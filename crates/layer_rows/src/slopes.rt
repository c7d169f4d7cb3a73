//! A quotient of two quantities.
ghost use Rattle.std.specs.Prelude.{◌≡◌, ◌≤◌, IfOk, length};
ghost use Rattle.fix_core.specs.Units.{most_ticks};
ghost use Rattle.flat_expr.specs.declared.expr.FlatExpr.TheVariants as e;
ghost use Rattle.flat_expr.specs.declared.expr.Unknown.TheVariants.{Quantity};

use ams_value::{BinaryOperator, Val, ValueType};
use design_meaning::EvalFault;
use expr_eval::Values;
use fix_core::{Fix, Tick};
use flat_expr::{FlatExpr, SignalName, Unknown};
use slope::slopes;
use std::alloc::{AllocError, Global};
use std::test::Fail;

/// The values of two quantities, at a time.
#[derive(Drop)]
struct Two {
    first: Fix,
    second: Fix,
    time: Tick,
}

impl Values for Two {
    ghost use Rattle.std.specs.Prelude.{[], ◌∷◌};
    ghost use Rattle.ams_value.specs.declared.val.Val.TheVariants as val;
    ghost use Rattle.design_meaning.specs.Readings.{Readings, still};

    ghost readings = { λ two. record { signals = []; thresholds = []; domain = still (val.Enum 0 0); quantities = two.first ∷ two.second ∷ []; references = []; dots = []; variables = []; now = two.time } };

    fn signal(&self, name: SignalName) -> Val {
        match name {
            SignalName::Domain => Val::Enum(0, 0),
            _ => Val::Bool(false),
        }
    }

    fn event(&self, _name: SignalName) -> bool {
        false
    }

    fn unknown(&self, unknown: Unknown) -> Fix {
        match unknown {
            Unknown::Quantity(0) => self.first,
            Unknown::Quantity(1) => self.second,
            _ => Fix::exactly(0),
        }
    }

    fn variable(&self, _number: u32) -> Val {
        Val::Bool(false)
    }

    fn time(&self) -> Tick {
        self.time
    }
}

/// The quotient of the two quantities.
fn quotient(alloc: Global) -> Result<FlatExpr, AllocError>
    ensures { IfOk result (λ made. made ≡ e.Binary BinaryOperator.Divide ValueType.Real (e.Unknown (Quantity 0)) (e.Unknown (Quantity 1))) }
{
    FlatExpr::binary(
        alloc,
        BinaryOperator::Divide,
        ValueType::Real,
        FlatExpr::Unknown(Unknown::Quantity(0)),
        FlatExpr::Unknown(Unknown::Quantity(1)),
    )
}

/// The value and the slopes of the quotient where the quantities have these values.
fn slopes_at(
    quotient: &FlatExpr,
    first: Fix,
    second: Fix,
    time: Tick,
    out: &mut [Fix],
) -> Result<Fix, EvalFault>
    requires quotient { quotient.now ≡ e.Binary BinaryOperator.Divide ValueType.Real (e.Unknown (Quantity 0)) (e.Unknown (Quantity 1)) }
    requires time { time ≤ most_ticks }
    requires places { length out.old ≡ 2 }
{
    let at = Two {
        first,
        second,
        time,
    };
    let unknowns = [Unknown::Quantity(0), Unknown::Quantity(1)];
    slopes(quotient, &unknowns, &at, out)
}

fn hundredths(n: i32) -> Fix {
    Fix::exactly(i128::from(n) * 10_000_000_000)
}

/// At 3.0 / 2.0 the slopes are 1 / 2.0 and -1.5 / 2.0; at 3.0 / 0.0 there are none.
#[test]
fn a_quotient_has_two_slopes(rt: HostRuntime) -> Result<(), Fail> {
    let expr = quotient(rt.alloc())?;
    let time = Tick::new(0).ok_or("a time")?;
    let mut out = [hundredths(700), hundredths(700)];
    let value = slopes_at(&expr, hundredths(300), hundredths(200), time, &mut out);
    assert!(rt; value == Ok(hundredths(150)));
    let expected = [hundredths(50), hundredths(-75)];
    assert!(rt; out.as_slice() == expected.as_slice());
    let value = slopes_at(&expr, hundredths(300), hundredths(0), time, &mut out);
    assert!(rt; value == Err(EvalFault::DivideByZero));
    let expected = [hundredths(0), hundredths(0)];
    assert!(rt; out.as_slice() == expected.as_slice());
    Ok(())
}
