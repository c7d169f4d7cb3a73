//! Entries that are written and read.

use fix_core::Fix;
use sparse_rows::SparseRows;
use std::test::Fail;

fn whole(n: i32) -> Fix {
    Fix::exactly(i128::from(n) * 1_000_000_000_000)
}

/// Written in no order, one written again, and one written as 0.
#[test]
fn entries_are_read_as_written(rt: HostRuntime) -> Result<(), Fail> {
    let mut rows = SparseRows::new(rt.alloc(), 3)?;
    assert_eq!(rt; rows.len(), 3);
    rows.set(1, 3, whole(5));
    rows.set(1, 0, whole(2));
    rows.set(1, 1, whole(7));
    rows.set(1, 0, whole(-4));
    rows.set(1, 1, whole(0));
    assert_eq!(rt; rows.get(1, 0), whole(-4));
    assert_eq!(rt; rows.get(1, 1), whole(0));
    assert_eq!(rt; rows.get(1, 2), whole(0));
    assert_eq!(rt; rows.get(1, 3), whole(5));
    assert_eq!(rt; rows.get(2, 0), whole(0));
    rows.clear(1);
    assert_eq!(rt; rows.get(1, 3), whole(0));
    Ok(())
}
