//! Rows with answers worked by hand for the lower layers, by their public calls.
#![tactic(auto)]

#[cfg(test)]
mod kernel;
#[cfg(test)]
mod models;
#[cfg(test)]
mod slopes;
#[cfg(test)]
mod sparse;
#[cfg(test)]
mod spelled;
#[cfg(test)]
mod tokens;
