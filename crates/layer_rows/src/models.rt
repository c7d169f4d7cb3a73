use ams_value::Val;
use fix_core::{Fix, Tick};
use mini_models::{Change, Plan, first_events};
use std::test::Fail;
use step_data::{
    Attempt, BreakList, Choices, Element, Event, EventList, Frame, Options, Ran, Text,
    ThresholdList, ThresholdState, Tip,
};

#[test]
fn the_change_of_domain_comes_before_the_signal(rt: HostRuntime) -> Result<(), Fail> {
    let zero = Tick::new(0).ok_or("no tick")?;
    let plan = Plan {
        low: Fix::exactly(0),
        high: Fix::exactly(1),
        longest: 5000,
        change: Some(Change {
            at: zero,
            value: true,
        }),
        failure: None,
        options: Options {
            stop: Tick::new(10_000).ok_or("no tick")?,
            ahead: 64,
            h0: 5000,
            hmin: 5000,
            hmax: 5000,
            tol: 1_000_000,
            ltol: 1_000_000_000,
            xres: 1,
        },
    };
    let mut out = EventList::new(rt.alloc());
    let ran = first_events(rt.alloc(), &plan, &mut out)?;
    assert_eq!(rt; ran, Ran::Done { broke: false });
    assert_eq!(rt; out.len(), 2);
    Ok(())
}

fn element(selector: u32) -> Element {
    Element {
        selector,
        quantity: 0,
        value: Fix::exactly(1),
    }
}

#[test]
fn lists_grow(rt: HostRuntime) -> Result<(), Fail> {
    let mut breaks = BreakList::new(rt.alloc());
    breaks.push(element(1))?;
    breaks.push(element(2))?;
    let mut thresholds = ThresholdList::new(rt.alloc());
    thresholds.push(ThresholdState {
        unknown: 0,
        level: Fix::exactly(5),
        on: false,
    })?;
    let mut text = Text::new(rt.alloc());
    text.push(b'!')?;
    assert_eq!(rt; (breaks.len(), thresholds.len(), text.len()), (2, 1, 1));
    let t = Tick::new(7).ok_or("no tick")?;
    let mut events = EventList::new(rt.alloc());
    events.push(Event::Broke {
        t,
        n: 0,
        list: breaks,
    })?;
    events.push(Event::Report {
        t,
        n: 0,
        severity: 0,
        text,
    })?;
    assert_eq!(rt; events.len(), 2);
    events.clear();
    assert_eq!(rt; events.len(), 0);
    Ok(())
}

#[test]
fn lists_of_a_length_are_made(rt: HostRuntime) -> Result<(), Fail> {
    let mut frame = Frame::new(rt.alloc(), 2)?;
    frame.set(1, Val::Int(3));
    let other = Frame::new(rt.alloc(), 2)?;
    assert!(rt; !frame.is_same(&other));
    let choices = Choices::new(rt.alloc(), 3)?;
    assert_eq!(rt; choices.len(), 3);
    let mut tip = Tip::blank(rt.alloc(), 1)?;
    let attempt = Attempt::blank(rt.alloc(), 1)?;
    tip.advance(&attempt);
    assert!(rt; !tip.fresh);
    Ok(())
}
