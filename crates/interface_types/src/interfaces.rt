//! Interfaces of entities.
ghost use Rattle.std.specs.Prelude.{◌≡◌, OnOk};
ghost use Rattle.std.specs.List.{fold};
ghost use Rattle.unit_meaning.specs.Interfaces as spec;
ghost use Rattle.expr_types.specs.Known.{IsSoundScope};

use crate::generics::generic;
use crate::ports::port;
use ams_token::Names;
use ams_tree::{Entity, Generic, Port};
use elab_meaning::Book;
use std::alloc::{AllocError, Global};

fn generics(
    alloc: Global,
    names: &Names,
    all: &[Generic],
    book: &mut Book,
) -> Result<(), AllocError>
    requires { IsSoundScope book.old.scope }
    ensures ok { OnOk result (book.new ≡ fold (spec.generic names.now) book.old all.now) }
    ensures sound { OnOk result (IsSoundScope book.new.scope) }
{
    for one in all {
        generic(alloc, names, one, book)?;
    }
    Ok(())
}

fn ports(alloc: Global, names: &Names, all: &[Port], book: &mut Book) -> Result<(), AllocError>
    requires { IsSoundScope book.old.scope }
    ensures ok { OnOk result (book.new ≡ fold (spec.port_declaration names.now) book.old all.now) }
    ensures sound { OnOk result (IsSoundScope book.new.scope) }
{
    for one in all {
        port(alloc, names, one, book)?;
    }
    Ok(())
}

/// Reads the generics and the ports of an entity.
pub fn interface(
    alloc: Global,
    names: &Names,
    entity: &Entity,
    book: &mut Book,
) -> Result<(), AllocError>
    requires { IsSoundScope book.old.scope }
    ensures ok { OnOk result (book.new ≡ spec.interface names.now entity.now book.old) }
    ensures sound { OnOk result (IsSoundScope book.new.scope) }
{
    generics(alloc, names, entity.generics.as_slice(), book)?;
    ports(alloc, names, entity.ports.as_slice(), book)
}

● ● ● ● ●

→ **WHAT TO PRODUCE**
Please make an exact copy of the lines above from the line with "let ran = first_events(rt.alloc(), &plan, &mut" through the line with "breaks.push(element(2))?;", both ends included.

→ **RESULT FOR THIS EXERCISE**
    let ran = first_events(rt.alloc(), &plan, &mut out)?;
    assert_eq!(rt; ran, Ran::Done { broke: false });
    assert_eq!(rt; out.len(), 2);
    Ok(())
}

fn element(selector: u32) -> Element {
    Element {
        selector,
        quantity: 0,
        value: Fix::exactly(1),
    }
}

#[test]
fn lists_grow(rt: HostRuntime) -> Result<(), Fail> {
    let mut breaks = BreakList::new(rt.alloc());
    breaks.push(element(1))?;
    breaks.push(element(2))?;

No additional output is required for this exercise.